For the entries below, say how many lines hold the word "Condvar", with the number as the only reply.
*** Task inputs ***
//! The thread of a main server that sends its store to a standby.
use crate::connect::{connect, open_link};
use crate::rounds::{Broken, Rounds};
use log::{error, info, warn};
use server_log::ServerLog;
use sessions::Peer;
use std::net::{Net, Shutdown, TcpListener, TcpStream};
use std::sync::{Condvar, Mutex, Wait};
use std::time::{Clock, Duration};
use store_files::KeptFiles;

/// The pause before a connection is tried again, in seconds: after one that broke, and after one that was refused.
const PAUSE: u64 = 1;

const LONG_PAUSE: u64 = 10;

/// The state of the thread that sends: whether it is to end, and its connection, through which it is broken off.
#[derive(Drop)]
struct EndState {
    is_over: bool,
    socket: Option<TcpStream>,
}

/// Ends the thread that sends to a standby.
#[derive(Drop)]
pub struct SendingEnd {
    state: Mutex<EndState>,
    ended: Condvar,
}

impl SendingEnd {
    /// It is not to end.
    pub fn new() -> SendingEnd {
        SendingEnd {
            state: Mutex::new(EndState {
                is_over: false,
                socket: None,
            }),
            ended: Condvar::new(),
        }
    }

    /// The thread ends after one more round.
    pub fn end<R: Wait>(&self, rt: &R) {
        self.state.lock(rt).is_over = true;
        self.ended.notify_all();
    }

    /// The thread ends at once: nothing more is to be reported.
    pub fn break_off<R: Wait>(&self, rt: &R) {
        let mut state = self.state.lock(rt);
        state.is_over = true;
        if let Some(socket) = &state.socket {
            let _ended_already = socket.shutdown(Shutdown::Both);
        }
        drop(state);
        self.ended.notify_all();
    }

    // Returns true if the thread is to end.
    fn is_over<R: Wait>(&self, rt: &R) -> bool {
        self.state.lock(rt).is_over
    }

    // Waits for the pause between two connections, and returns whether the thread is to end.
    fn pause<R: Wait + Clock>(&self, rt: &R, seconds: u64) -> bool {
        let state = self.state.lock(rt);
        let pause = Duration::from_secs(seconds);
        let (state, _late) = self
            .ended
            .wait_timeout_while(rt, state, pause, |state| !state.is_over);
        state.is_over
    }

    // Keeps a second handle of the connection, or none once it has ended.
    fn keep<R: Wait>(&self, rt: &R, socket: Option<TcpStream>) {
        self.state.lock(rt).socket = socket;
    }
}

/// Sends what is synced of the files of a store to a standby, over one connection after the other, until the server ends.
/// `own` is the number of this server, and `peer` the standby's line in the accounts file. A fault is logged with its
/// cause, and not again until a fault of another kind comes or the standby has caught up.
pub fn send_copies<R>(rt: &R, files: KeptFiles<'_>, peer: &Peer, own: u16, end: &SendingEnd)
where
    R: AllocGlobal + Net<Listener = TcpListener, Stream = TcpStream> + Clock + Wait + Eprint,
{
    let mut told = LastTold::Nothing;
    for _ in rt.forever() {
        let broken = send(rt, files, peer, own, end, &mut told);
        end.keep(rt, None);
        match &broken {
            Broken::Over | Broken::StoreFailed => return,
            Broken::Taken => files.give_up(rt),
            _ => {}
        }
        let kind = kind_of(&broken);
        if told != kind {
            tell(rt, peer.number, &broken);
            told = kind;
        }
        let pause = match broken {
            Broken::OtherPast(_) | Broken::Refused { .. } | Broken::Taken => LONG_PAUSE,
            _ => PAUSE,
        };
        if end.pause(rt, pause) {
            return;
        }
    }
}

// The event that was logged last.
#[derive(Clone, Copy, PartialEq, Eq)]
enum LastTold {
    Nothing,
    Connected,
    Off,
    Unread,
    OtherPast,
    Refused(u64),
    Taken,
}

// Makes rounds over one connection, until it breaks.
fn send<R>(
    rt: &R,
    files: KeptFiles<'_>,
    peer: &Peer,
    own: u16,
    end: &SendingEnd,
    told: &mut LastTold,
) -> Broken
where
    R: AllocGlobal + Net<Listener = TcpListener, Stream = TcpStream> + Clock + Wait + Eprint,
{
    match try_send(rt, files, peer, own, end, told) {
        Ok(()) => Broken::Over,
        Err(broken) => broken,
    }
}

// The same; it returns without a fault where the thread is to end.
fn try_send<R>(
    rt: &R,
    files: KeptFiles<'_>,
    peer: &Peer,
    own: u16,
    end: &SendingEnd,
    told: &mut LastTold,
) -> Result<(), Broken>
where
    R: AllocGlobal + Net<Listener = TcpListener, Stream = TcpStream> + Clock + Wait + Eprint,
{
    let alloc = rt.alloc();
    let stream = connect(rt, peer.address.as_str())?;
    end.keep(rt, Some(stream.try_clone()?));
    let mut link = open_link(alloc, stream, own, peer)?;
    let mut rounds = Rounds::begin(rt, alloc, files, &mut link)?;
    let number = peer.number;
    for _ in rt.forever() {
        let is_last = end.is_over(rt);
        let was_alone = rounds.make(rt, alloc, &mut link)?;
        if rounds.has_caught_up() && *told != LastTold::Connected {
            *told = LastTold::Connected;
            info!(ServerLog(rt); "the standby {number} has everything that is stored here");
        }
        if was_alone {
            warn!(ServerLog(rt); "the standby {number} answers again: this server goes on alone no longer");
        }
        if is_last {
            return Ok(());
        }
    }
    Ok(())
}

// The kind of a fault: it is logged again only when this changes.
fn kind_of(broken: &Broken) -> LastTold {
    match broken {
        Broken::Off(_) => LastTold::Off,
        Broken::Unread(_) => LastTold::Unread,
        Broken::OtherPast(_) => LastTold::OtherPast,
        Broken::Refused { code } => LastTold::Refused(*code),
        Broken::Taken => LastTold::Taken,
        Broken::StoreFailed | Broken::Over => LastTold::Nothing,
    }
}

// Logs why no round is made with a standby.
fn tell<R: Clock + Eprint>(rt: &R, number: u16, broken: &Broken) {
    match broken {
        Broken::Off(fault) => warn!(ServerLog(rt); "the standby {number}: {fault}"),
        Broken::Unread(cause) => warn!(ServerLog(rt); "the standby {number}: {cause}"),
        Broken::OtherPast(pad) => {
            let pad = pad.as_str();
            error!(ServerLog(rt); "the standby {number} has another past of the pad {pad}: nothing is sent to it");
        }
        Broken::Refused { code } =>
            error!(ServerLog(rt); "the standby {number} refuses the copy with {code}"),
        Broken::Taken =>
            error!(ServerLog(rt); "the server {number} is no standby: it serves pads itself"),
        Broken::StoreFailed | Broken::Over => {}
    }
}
*** End of Task inputs ***
** Answer box **
3